___ Data for review ___
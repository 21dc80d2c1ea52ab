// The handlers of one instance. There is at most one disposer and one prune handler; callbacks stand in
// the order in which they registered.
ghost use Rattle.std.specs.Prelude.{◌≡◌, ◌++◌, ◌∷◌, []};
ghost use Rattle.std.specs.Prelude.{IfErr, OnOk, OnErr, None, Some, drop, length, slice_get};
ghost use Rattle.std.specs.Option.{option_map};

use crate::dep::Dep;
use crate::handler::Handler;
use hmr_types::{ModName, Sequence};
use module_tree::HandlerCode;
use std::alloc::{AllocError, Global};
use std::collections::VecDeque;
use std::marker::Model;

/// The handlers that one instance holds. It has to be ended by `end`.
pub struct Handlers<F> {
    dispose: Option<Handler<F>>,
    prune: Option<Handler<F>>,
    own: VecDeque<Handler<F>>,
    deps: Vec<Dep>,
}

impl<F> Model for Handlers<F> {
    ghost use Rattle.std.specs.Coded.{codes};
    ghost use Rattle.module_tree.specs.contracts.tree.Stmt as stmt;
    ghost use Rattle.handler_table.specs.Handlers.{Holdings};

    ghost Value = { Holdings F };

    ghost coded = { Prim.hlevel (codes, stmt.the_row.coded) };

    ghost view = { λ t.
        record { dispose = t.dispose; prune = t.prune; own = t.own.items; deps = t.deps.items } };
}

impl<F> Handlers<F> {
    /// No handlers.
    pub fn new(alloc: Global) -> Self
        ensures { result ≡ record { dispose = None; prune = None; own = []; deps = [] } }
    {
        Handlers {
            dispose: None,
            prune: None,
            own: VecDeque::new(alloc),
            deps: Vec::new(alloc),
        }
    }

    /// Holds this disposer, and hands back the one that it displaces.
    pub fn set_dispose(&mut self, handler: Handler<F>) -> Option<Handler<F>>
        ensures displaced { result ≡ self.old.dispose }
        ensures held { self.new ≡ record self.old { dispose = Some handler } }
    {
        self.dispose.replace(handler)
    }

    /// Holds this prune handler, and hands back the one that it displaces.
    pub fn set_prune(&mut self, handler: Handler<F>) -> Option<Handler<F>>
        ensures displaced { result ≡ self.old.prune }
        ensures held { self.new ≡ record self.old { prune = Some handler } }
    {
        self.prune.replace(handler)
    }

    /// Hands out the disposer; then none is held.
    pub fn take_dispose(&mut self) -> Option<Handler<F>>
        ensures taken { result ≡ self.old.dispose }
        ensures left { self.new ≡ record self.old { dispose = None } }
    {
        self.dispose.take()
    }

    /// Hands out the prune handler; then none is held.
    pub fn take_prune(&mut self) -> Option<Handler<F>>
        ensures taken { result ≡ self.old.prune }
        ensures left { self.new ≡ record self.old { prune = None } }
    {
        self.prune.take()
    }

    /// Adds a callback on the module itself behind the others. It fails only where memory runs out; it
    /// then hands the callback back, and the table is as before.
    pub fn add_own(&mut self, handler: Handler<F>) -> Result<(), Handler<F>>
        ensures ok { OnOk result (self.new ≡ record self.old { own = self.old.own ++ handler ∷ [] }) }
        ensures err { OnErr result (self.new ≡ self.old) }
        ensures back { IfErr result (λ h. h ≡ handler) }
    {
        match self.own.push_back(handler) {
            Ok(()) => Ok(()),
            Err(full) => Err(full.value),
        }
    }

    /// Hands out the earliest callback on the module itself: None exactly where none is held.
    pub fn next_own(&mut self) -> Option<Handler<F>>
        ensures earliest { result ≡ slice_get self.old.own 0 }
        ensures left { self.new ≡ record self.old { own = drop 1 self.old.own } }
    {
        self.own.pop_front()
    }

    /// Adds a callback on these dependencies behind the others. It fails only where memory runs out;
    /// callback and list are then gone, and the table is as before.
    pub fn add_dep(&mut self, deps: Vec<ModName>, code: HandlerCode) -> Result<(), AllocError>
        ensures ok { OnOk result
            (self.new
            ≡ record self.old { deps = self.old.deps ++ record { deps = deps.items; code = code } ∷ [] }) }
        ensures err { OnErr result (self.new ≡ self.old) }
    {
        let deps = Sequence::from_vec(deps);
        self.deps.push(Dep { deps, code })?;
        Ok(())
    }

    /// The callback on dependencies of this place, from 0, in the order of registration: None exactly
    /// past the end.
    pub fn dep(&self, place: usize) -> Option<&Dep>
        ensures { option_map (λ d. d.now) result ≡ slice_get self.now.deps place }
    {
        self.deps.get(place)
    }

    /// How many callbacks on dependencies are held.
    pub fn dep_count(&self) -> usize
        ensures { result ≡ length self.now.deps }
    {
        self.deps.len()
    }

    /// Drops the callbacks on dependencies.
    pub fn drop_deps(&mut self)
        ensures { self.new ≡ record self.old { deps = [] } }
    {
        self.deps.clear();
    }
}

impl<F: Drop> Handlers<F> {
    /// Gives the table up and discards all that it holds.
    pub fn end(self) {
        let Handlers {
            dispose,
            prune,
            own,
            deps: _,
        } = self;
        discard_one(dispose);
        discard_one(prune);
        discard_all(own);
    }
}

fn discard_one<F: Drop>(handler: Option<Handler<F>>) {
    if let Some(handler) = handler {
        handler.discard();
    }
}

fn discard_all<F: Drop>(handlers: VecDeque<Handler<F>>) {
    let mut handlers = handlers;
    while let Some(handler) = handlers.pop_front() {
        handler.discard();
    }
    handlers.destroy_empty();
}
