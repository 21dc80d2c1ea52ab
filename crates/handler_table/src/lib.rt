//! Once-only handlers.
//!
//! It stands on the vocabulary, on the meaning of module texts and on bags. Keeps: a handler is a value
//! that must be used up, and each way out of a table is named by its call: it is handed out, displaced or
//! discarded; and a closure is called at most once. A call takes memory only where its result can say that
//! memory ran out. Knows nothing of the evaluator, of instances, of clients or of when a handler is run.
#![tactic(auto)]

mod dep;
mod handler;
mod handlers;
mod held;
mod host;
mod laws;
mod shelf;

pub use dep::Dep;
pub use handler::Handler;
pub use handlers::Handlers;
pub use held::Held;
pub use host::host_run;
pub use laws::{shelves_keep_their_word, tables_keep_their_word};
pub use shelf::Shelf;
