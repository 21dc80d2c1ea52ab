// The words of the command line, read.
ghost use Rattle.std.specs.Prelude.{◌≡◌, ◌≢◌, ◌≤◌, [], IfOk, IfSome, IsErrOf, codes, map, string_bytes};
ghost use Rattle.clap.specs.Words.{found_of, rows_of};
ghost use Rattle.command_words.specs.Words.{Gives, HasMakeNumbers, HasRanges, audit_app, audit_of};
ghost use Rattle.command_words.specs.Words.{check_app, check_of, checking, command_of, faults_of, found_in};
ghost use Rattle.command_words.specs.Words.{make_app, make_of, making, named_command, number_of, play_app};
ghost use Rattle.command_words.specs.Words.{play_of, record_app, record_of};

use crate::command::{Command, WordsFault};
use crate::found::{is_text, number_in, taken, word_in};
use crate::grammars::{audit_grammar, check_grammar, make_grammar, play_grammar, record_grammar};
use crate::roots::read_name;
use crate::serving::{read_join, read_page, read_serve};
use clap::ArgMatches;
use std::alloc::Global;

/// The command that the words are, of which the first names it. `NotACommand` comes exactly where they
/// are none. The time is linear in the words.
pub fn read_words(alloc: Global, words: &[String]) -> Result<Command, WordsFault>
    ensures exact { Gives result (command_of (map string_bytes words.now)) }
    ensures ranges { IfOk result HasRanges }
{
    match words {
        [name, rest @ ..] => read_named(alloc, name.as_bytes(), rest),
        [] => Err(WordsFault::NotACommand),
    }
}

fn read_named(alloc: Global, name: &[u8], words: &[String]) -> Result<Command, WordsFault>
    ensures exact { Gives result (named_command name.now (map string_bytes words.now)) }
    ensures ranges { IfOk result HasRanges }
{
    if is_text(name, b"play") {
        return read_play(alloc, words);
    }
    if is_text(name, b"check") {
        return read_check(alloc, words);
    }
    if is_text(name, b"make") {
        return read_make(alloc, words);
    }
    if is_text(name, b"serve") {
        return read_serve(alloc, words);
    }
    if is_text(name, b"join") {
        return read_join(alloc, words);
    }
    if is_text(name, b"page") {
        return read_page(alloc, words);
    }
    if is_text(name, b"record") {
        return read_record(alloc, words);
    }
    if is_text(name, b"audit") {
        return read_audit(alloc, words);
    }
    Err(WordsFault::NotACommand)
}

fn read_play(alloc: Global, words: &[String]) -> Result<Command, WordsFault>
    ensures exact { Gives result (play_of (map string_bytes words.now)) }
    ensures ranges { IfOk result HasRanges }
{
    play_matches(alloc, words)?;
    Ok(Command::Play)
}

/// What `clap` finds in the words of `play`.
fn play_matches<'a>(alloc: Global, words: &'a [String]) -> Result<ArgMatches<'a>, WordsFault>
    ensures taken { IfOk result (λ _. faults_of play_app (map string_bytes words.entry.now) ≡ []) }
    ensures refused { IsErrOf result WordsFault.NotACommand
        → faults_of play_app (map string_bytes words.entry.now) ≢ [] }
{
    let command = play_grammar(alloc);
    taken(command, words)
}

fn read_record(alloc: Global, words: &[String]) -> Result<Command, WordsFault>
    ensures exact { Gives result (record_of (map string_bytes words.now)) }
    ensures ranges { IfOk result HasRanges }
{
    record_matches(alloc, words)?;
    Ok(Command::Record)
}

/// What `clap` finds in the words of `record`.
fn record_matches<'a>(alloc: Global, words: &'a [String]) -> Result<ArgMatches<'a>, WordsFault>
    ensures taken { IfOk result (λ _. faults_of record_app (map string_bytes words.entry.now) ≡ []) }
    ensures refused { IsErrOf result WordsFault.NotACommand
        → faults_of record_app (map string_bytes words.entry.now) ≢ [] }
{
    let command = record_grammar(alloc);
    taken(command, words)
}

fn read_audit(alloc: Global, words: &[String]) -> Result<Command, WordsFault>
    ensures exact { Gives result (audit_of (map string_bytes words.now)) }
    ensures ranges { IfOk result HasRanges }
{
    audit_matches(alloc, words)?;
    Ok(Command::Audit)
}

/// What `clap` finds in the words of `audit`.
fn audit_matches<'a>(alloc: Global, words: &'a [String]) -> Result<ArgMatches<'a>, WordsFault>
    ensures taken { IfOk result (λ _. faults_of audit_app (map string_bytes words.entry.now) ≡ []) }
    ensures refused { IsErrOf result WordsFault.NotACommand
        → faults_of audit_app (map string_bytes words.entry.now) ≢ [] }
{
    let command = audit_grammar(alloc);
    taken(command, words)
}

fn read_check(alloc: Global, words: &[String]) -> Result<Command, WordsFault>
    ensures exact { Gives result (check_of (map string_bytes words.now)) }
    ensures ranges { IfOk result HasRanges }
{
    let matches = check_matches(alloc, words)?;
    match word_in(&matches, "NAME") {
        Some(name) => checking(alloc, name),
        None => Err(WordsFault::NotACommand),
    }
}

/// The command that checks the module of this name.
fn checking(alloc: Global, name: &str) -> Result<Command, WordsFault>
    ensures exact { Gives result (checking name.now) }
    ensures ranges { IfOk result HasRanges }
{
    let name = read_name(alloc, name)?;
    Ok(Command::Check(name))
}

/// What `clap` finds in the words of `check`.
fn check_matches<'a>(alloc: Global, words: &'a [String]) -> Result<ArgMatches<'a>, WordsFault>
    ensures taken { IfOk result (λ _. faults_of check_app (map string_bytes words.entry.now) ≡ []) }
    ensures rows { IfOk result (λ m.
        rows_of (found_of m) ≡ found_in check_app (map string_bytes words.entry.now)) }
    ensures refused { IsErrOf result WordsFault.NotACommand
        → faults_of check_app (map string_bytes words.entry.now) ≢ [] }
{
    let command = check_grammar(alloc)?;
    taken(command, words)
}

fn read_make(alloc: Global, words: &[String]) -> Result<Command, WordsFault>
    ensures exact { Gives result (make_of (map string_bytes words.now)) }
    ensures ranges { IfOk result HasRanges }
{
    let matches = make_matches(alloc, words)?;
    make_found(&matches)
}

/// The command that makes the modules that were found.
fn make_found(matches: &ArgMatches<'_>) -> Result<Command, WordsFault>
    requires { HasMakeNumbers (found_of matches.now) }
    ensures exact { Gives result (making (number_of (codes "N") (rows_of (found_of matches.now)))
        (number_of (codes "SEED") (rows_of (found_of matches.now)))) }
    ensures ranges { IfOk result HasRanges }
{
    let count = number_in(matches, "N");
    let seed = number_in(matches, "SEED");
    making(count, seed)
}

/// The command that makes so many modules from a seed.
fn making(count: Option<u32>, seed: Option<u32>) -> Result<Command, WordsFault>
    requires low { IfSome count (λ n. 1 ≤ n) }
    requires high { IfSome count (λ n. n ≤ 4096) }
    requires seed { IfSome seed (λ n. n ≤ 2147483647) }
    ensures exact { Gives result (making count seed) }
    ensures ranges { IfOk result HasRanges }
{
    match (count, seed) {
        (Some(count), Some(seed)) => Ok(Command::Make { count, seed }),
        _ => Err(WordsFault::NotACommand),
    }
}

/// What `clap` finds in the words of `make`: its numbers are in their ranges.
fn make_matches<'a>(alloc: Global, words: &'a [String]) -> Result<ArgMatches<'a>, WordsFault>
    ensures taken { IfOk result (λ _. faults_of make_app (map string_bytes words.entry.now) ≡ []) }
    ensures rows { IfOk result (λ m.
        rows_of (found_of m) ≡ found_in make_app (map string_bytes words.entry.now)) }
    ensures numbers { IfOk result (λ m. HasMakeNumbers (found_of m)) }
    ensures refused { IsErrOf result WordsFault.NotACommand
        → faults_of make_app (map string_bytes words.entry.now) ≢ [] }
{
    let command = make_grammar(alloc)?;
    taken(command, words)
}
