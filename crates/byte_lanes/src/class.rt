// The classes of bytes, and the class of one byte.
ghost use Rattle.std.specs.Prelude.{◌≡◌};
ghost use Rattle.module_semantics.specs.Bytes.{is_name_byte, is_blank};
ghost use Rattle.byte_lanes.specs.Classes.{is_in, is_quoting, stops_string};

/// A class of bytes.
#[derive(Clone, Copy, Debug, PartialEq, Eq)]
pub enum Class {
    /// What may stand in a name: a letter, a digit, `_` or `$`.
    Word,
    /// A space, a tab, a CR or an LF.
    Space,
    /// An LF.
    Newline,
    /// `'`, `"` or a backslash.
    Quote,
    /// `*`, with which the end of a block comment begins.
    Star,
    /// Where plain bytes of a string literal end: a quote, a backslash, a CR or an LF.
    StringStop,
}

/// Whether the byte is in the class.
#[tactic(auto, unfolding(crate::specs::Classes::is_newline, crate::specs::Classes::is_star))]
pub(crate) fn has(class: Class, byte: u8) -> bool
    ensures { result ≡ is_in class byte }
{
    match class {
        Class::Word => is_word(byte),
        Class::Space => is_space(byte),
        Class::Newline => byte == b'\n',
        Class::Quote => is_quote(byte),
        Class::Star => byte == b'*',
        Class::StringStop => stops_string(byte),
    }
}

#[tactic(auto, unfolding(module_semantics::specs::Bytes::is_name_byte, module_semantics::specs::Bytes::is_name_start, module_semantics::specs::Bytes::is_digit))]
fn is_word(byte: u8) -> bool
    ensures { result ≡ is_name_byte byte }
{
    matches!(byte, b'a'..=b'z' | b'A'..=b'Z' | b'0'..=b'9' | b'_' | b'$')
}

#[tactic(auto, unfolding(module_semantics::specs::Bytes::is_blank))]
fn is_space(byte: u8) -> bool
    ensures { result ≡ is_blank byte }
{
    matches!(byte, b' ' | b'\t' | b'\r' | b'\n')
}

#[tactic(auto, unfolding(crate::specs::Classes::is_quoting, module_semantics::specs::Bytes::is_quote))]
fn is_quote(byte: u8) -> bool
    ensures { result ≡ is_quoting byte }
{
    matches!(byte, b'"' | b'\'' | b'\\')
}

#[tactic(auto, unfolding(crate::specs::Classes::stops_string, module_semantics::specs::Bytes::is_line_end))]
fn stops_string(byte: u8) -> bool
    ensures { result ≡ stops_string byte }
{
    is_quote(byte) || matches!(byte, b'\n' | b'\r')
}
___
* **Your assignment**
Go back to the data above and please quote exactly, and only, the lines from the line with "result ≡ stops_string" through its last line.

* **Exercise result**
    ensures { result ≡ stops_string byte }
{
    is_quote(byte) || matches!(byte, b'\n' | b'\r')
}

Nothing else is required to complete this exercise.